Ей удается закончить уборку, как она и намеревалась. Девочки на лестнице снова распределяют роли, устанавливают правила своего мира. Сабине сверху видны их макушки. Ангелочки, перепелки, весенние сережки орешника, тополиный пух.
Теперь только она спускается в кухню. Пани Йоля курит сигарету и читает какой-то журнал. Она будто ждет Сабину, эта добрая волшебница. Минуту спустя появляется ее муж. «Ну? Уже можно?» — спрашивает пани Йоля. И Сабина говорит. Смело, с каждой минутой все увереннее, став вдруг высокой и стройной. Мыши, думает пани Йоля, беременной женщине нельзя отказывать, потому что в чем ей откажешь — то съедят мыши.

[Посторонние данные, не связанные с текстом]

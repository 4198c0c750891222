// Worked rows: what the definitions give on small networks. Each is proved by computation.
ghost use Rattle.std.specs.Prelude.{◌≡◌, ℕ, ◌<◌, ◌≤◌, List, [], ◌∷◌, length, map, Bool, true, false, Option, Some, None};
ghost use Rattle.bit_values.specs.Bits.{word};
ghost use Rattle.network_run.specs.Events.{Enter, Leave, Set, Hop, Update, halves_of};
ghost use Rattle.network_run.specs.NetworkRun.{longest_frame};
ghost use Rattle.network_run.specs.PathMeaning.{path_meaning};
ghost use Rattle.network_run.specs.World.{net_after, first_net};
ghost use Rattle.network_tests.specs.Networks.{alone, line2, line3, ring2, world, one_packet, two_packets, framed, to_port_2, counting, watching, flagging, rejecting, ended, said, report_at};

/// One packet in a ring of two switches with a hop limit of 64 is lost after 64 passages, 32 at
/// each switch.
fn ring_loses_the_packet_at_the_hop_limit()
    ensures lost { (ended true true ring2 (one_packet [])).lost ≡ 0 ∷ [] }
    ensures at_one { (said counting ring2 (one_packet [])).sensors 0 ≡ 32 }
    ensures at_other { (said counting ring2 (one_packet [])).sensors 1 ≡ 32 }
    ensures register { (ended true true ring2 (one_packet [])).switches 1 ≡ 32 }
    ensures wires { length (ended true true ring2 (one_packet [])).wires ≡ 63 }
    ensures edges { (ended true true ring2 (one_packet [])).edges ≡ [] }
    ensures verdict { (said counting ring2 (one_packet [])).verdicts 0 ≡ None }
{}

/// Two packets over two switches, whose sensor counts the packets: without a schedule, packet 0
/// passes the second switch first.
fn reports_without_a_schedule()
    ensures { (said counting line2 (two_packets [])).reports
        ≡ report_at 0 1 (word 8 1 ∷ []) ∷ report_at 1 1 (word 8 2 ∷ []) ∷ [] }
{}

/// By the schedule 0, 1, 1 packet 1 passes it first.
fn reports_by_a_schedule()
    ensures { (said counting line2 (two_packets (halves_of (Hop 0 ∷ Hop 1 ∷ Hop 1 ∷ [])))).reports
        ≡ report_at 1 1 (word 8 1 ∷ []) ∷ report_at 0 1 (word 8 2 ∷ []) ∷ [] }
{}

/// By the schedule 1, 0 packet 1 passes the first switch first, and the closing phase begins with
/// packet 0.
fn frames_with_one_before_zero()
    ensures reports { (said counting line2 (two_packets (halves_of (Hop 1 ∷ Hop 0 ∷ [])))).reports
        ≡ report_at 0 1 (word 8 1 ∷ []) ∷ report_at 1 1 (word 8 2 ∷ []) ∷ [] }
    ensures wires { map (λ x. x.sent.packet)
        (ended true true line2 (two_packets (halves_of (Hop 1 ∷ Hop 0 ∷ [])))).wires
        ≡ 1 ∷ 0 ∷ [] }
    ensures edges { map (λ x. x.packet)
        (ended true true line2 (two_packets (halves_of (Hop 1 ∷ Hop 0 ∷ [])))).edges
        ≡ 0 ∷ 1 ∷ [] }
    // At the first switch 1 enters and leaves, and then 0; at the second 0, and then 1.
    ensures trail { (said counting line2 (two_packets (halves_of (Hop 1 ∷ Hop 0 ∷ [])))).trail
        ≡ 0 ∷ 1 ∷ 0 ∷ 2 ∷ 2 ∷ 1 ∷ 1 ∷ 2 ∷ [] }
{}

/// An exit half of a packet in flight changes nothing, nor does a second entry half or an event
/// after the end.
fn second_halves_change_nothing()
    ensures leave { net_after to_port_2 alone 0 (one_packet (Leave 0 ∷ [])) 1
        ≡ first_net to_port_2 (one_packet []) }
    ensures enter { net_after to_port_2 alone 0 (one_packet (Enter 0 ∷ Enter 0 ∷ [])) 2
        ≡ net_after to_port_2 alone 0 (one_packet (Enter 0 ∷ [])) 1 }
    ensures over { net_after to_port_2 alone 0 (one_packet (Enter 0 ∷ Leave 0 ∷ Enter 0 ∷ [])) 3
        ≡ net_after to_port_2 alone 0 (one_packet (Enter 0 ∷ Leave 0 ∷ [])) 2 }
    ensures queued { (net_after to_port_2 alone 0 (one_packet (Enter 0 ∷ [])) 1).switches 0 ≡ 1 }
{}

/// New contents that are set between a packet's entry half and its exit half are seen by the exit
/// half alone, and only at that switch.
fn contents_set_between_the_halves()
    ensures seen { (said watching alone (one_packet (Enter 0 ∷ Set 0 0 7 ∷ Leave 0 ∷ []))).reports
        ≡ report_at 0 0 (word 8 5 ∷ word 8 7 ∷ []) ∷ [] }
    ensures elsewhere { (said watching alone (one_packet (Enter 0 ∷ Set 1 0 7 ∷ Leave 0 ∷ []))).reports
        ≡ report_at 0 0 (word 8 5 ∷ word 8 5 ∷ []) ∷ [] }
    ensures before { (said watching alone (one_packet (halves_of (Update 0 0 7 ∷ Hop 0 ∷ [])))).reports
        ≡ report_at 0 0 (word 8 7 ∷ word 8 7 ∷ []) ∷ [] }
{}

/// The first hop begins at an edge port, the last one ends at one, and one passage may be both.
fn first_and_last_hops()
    ensures three { (said flagging line3 (one_packet [])).tele 0
        ≡ (true, false) ∷ (false, false) ∷ (false, true) ∷ [] }
    ensures one { (said flagging alone (one_packet [])).tele 0 ≡ (true, true) ∷ [] }
{}

/// Init runs at the first hop alone, telemetry at each, and the checker at the last; a rejected
/// packet's report is reported, and the packet is counted at that switch.
fn parts_at_three_hops()
    ensures reports { (said rejecting line3 (one_packet [])).reports ≡ report_at 0 2 (word 8 103 ∷ []) ∷ [] }
    ensures sensors { map (said rejecting line3 (one_packet [])).sensors (0 ∷ 1 ∷ 2 ∷ []) ≡ 11 ∷ 10 ∷ 10 ∷ [] }
    ensures verdict { (said rejecting line3 (one_packet [])).verdicts 0 ≡ Some true }
    ensures counts { map (said rejecting line3 (one_packet [])).rejected_at (0 ∷ 1 ∷ 2 ∷ []) ≡ 0 ∷ 0 ∷ 1 ∷ [] }
{}

/// Where the ingress drops the packet, init has run, and what it wrote to a sensor stays; no other
/// block runs.
fn parts_of_a_packet_dropped_in_ingress()
    ensures dropped { (ended false true alone (one_packet [])).dropped ≡ 0 ∷ [] }
    ensures sensors { (path_meaning rejecting (ended false true alone (one_packet [])).log).sensors 0 ≡ 1 }
    ensures reports { (path_meaning rejecting (ended false true alone (one_packet [])).log).reports ≡ [] }
    ensures verdict { (path_meaning rejecting (ended false true alone (one_packet [])).log).verdicts 0 ≡ None }
{}

/// The same where the egress drops it, although it would be at its last hop.
fn parts_of_a_packet_dropped_in_egress()
    ensures dropped { (ended true false alone (one_packet [])).dropped ≡ 0 ∷ [] }
    ensures sensors { (path_meaning rejecting (ended true false alone (one_packet [])).log).sensors 0 ≡ 1 }
    ensures reports { (path_meaning rejecting (ended true false alone (one_packet [])).log).reports ≡ [] }
    ensures verdict { (path_meaning rejecting (ended true false alone (one_packet [])).log).verdicts 0 ≡ None }
{}

/// A frame of more than 65,535 bytes at an edge port is lost, and its packet has a verdict and
/// reports.
fn frame_too_long_for_an_edge()
    ensures lost { (frame : List ℕ) →
        longest_frame < length frame → (ended true true alone (framed frame)).lost ≡ 0 ∷ [] }
    ensures edges { (frame : List ℕ) →
        longest_frame < length frame → (ended true true alone (framed frame)).edges ≡ [] }
    ensures reports { (frame : List ℕ) → (said rejecting alone (framed frame)).reports ≡ report_at 0 0 (word 8 101 ∷ []) ∷ [] }
    ensures verdict { (frame : List ℕ) → (said rejecting alone (framed frame)).verdicts 0 ≡ Some true }
{}

/// A frame that is too long for a link is lost there, and has no verdict; one that is not too long
/// goes on as it came.
fn frame_too_long_for_a_link()
    ensures lost { (frame : List ℕ) →
        longest_frame < length frame → (ended true true line2 (framed frame)).lost ≡ 0 ∷ [] }
    ensures wires { (frame : List ℕ) →
        longest_frame < length frame → (ended true true line2 (framed frame)).wires ≡ [] }
    ensures verdict { (frame : List ℕ) →
        longest_frame < length frame → (said rejecting line2 (framed frame)).verdicts 0 ≡ None }
    ensures goes { (ended true true line2 (framed (1 ∷ 2 ∷ []))).edges
        ≡ record { packet = 0; switch = 1; port = 2; frame = 1 ∷ 2 ∷ [] } ∷ [] }
{}

/// A frame of 65,535 bytes, or of fewer, leaves by an edge port and is carried on a link, as it came.
fn longest_frame_goes_on()
    ensures edge { (frame : List ℕ) →
        length frame ≤ longest_frame →
        (ended true true alone (framed frame)).edges
        ≡ record { packet = 0; switch = 0; port = 2; frame = frame } ∷ [] }
    ensures link { (frame : List ℕ) →
        length frame ≤ longest_frame →
        (ended true true line2 (framed frame)).wires
        ≡ record { half = 1; sent = record { packet = 0; switch = 0; port = 2; frame = frame } } ∷ [] }
    ensures behind_the_link { (frame : List ℕ) →
        length frame ≤ longest_frame →
        (ended true true line2 (framed frame)).edges
        ≡ record { packet = 0; switch = 1; port = 2; frame = frame } ∷ [] }
    ensures longest { longest_frame ≡ 65535 }
{}

/// The closing phase takes each packet to its end, in the order of their numbers.
fn closing_takes_each_packet()
    ensures { map (λ x. x.packet) (ended true true line3 (world 64 ([] ∷ [] ∷ [] ∷ []) [])).edges
        ≡ 0 ∷ 1 ∷ 2 ∷ [] }
{}

#[test]
fn worked_rows() {
    ring_loses_the_packet_at_the_hop_limit();
    reports_without_a_schedule();
    reports_by_a_schedule();
    frames_with_one_before_zero();
    second_halves_change_nothing();
    contents_set_between_the_halves();
    first_and_last_hops();
    parts_at_three_hops();
    parts_of_a_packet_dropped_in_ingress();
    parts_of_a_packet_dropped_in_egress();
    frame_too_long_for_an_edge();
    frame_too_long_for_a_link();
    longest_frame_goes_on();
    closing_takes_each_packet();
}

Желание Сабины. Она хочет поиграть с девочками, хочет побыть куклой, лежать на ковре, а они чтобы причесывали ее и до нее дотрагивались, чтобы расплели ей волосы, чтобы завязывали у нее под шеей платочки и бантики, чтобы раздели ее и одели (вот, у нее с собой кофта, специально взяла), чтобы гладили ее по рукам и чтоб прикладывали ухо к ее животу и слушали, как он там дышит. «Я знаю, опять будет мальчик», — говорит она доктору М. Сабине нужна девчоночья ласка, она хочет слышать их щебет, не издалека, а над самым ухом, хочет быть их куклой, большой теплой беременной Барби, пусть таких и нет в игрушечных магазинах. И еще чего-то ей хочется: Сабине кажется, что когда-то так уже было — хоть она и не способна это описать, — что она уже была маленькой беззащитной вещью, и, чтобы жить дальше, это должно повторяться, как причащение в костеле. Ведь один раз не гарантирует спасения. Нужно подчиниться своей самой большой слабости, чтобы потом быть сильным. Поэтому ей хочется лежать на розовом ковре и смотреть на мебель снизу, заглядывать под диван и письменный стол, позволить предметам вырасти до небес, а людям превратиться в две ноги в тапочках, и снова не понимать, что они говорят. Еще она хочет — напоследок, — чтобы никто не удивлялся этому желанию, никто над ним не смеялся, и если это желание трудно исполнить, то она сразу о нем забудет и пожелает дезодорант «Импульс», или толстые колготки, или серебряное колечко, или платье из India Shop.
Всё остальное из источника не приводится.